Xia Yang, Jiang Hongwei, Chen Jinwen, Xu Fang, Zhang Guoxiu, Zhang Dongshan
Department of Emergency Medicine, Second Xiangya Hospital, People's Republic of China; Emergency Medicine and Difficult Diseases Institute, Second Xiangya Hospital, People's Republic of China.
Department of Endocrinology, First Affiliated Hospital of Henan University of Science and Technology, People's Republic of China.
Life Sci. 2023 May 1;320:121540. doi: 10.1016/j.lfs.2023.121540. Epub 2023 Mar 11.
Our previous studies reported that low-dose paclitaxel (Taxol) ameliorated renal fibrosis in the unilateral ureteral obstruction and remnant kidney models. However, the regulatory role of Taxol in diabetic kidney disease (DKD) is still unclear. Herein, we observed that low-dose Taxol attenuated high glucose-increased expression of fibronectin, collagen I and collagen IV in Boston University mouse proximal tubule cells. Mechanistically, Taxol suppressed the expression of homeodomain-interacting protein kinase 2 (HIPK2) via disrupting the binding of Smad3 to HIPK2 promoter region, and consequently inhibited the activation of p53. Besides, Taxol ameliorated RF in Streptozotocin mice and db/db-induced DKD via suppression of Smad3/HIPK2 axis as well as inactivation of p53. Altogether, these results suggest that Taxol can block Smad3-HIPK2/p53 axis, thereby attenuating the progression of DKD. Hence, Taxol is a promising therapeutic drug for DKD.
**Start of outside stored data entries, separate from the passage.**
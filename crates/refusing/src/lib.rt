//! An allocator for tests of running out of memory: it counts allocations and the bytes that they
//! request, and refuses those of chosen numbers.
//!
//! [`Refusing`] is over another allocator, as the runtime's, and is handed out as `&heap`. A test
//! makes one for each number in turn and calls what it tests, until a call is made in which nothing
//! was refused.
#![tactic(auto)]

use std::alloc::{AllocError, Allocator};
use std::cell::Cell;

/// An allocator that counts its allocations and their bytes, and refuses some of them; the others,
/// and every freeing, go to the allocator that it is made over.
///
/// Each call of `allocate`, `grow` and `shrink` is an allocation, and they are numbered from 1. It
/// is handed out as `&refusing`, which is `Copy`.
#[derive(Drop)]
pub struct Refusing<B: Allocator> {
    inner: B,
    gate: Gate,
}

impl<B: Allocator> Refusing<B> {
    /// Refuses the allocation of that number alone; none where it is 0.
    pub fn once(inner: B, allocation: u64) -> Refusing<B> {
        Refusing {
            inner,
            gate: Gate::new(allocation, allocation),
        }
    }

    /// Refuses the allocation of that number and each later one.
    pub fn from(inner: B, allocation: u64) -> Refusing<B> {
        Refusing {
            inner,
            gate: Gate::new(allocation, u64::MAX),
        }
    }

    /// How many allocations were requested, those that were refused among them.
    pub fn allocations(&self) -> u64 {
        self.gate.allocations.get()
    }

    /// How many bytes the allocations requested in all, those that were refused among them. One
    /// that makes a block longer requests all bytes of the longer one.
    pub fn bytes(&self) -> u64 {
        self.gate.bytes.get()
    }

    /// Whether an allocation was refused.
    pub fn has_refused(&self) -> bool {
        self.gate.refused.get()
    }
}

/// Counts allocations and says which of them pass.
#[derive(Drop)]
struct Gate {
    allocations: Cell<u64>,
    bytes: Cell<u64>,
    refused: Cell<bool>,
    first: u64,
    last: u64,
}

impl Gate {
    fn new(first: u64, last: u64) -> Gate {
        Gate {
            allocations: Cell::new(0),
            bytes: Cell::new(0),
            refused: Cell::new(false),
            first,
            last,
        }
    }

    /// Counts an allocation of so many bytes, and returns whether it is refused.
    fn refuses(&self, size: usize) -> bool {
        let allocation = self.allocations.get().saturating_add(1);
        self.allocations.set(allocation);
        self.bytes.set(self.bytes.get().saturating_add(size as u64));
        let refused = self.first <= allocation && allocation <= self.last;
        if refused {
            self.refused.set(true);
        }
        refused
    }
}

unsafe impl<B: Allocator> Allocator for Refusing<B> {
    ghost dealloc_token = { λ heap ty ptr. B.dealloc_token heap.inner ty ptr };

    fn allocate(&self, size: usize, align: usize) -> Result<*mut u8, AllocError> {
        if self.gate.refuses(size) {
            return Err(AllocError);
        }
        self.inner.allocate(size, align)
    }

    unsafe fn deallocate(&self, ptr: *mut u8, size: usize, align: usize) {
        self.inner.deallocate(ptr, size, align);
    }
}
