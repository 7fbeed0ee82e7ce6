//! Openings of which one device call is refused, of a disk that crashes then.

ghost use Rattle.std.specs.Prelude.{◌<◌};

use super::expected::{alone, assert_numbers};
use super::journal::after;
use rr_disk::{Area, FailingDisk, MemDisk};
use rr_journal::{Journal, Opening};
use std::alloc::Global;
use std::process::Abort;

/// How many device calls an opening makes that formats a disk, and one of a disk that is formatted.
const CALLS: [usize; 2] = [9, 3];

/// The disk behind an opening of node 0 of 1 whose call behind `before` others is refused, and a crash. A write that is
/// refused, and what no sync covers, may leave this byte anywhere.
fn crashed(
    rt: &impl Abort,
    alloc: Global,
    disk: FailingDisk<MemDisk>,
    before: usize,
    byte: u8,
) -> FailingDisk<MemDisk> {
    let (nodes, node) = alone(rt);
    let opening = after(rt, alloc, Opening::start(nodes, node, disk), before);
    let mut disk = opening.fail(alloc, [byte].to_vec(alloc).expect(rt, "memory"));
    disk.crash(u64::MAX, 0, &[byte]);
    disk
}

/// Asserts that the disk opens as one without facts, and gives it back.
fn opened(rt: &impl Abort, alloc: Global, disk: FailingDisk<MemDisk>) -> FailingDisk<MemDisk> {
    let (nodes, node) = alone(rt);
    match Journal::open(alloc, nodes, node, disk) {
        Ok((journal, opened)) => {
            assert!(rt; matches!(journal.area(), Area::First));
            let found = (journal.epoch(), journal.facts());
            assert_numbers(rt, found, (1, 0), "epoch and facts");
            let entries = opened.promise().entries().len() as u64;
            assert_numbers(rt, (opened.next(), entries), (0, 0), "the promise");
            journal.into_disk()
        }
        Err((_, _)) => rt.panic("a disk without damage"),
    }
}

/// Each call of the opening that formats a disk, and each of the next one, is refused once: the disk opens then with area 0 active.
#[test]
fn each_call_of_an_opening_is_refused_once(rt: HostRuntime) {
    let alloc = rt.alloc();
    for byte in [0xA5, 0] {
        for before in 0..CALLS[0] {
            let disk = FailingDisk::new(MemDisk::new(alloc));
            let disk = crashed(&rt, alloc, disk, before, byte);
            let mut disk = opened(&rt, alloc, disk);
            disk.crash(u64::MAX, 0, &[byte]);
            for again in 0..CALLS[1] {
                disk = crashed(&rt, alloc, disk, again, byte);
            }
            drop(opened(&rt, alloc, disk));
        }
    }
}
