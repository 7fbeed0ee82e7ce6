//! A flush beside another one, and one whose device call fails.

use super::expected::alone;
use rr_disk::{FailingDisk, MemDisk};
use rr_journal::{Body, Job, Journal};
use rr_types::{Command, Fact, Group, Instance, Name, Op, Refusal, RequestNo};
use std::alloc::Global;
use std::process::Abort;

/// A group of one fact, a node's first.
pub fn first_fact(rt: &impl Abort, alloc: Global) -> Group {
    let command = Command {
        request: RequestNo { client: 7, seq: 1 },
        op: Op::Release(Name::new(b"a").expect(rt, "a name")),
    };
    let decide = Fact::Decide(Instance::new(0).expect(rt, "an instance"), command);
    let facts = [decide].to_vec(alloc).expect(rt, "memory");
    Group::new(0, facts).expect(rt, "a group")
}

/// Asserts that a flush is refused so, and that its group is handed back.
fn refused(
    rt: &impl Abort,
    alloc: Global,
    journal: &mut Journal<FailingDisk<MemDisk>>,
    because: Refusal,
) {
    match journal.begin(alloc, first_fact(rt, alloc)) {
        Ok(job) => {
            job.abandon();
            assert!(rt; false, "a flush was begun");
        }
        Err((refusal, group)) => {
            assert_eq!(rt; refusal, because);
            assert_eq!(rt; group.facts().len(), 1);
        }
    }
}

/// Asserts that the next device call of a flush fails.
fn assert_failing(rt: &impl Abort, job: Job<Body>, journal: &mut Journal<FailingDisk<MemDisk>>) {
    match job.step(journal) {
        Ok(next) => {
            next.abandon();
            assert!(rt; false, "a failing write was done");
        }
        Err(refusal) => assert_eq!(rt; refusal, Refusal::Device),
    }
}

/// A journal is busy while a flush runs, and has failed from its failing device call on.
#[test]
fn a_journal_that_failed_is_left_alone(rt: HostRuntime) {
    let alloc = rt.alloc();
    let (nodes, node) = alone(&rt);
    let disk = FailingDisk::new(MemDisk::new(alloc));
    let opening = Journal::open(alloc, nodes, node, disk);
    let (mut journal, _opened) = opening.expect(&rt, "an opening");
    let begun = journal.begin(alloc, first_fact(&rt, alloc));
    let job = begun.expect(&rt, "a flush");
    refused(&rt, alloc, &mut journal, Refusal::Busy);
    journal.fail_next(Vec::new(alloc));
    assert_failing(&rt, job, &mut journal);
    assert!(rt; journal.has_failed());
    refused(&rt, alloc, &mut journal, Refusal::Failed);
}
我们之前的研究报道,低剂量紫杉醇(泰素)可改善单侧输尿管梗阻和残余肾模型中的肾纤维化。然而,紫杉醇在糖尿病肾病(DKD)中的调节作用仍不清楚。在此,我们观察到低剂量紫杉醇可减弱波士顿大学小鼠近端肾小管细胞中高糖诱导的纤连蛋白、I型胶原和IV型胶原表达增加。机制上,紫杉醇通过破坏Smad3与HIPK2启动子区域的结合来抑制同源结构域相互作用蛋白激酶2(HIPK2)的表达,从而抑制p53的激活。此外,紫杉醇通过抑制Smad3/HIPK2轴以及使p53失活,改善链脲佐菌素小鼠和db/db诱导的DKD中的肾纤维化。总之,这些结果表明紫杉醇可阻断Smad3-HIPK2/p53轴,从而减弱DKD的进展。因此,紫杉醇是一种有前景的DKD治疗药物。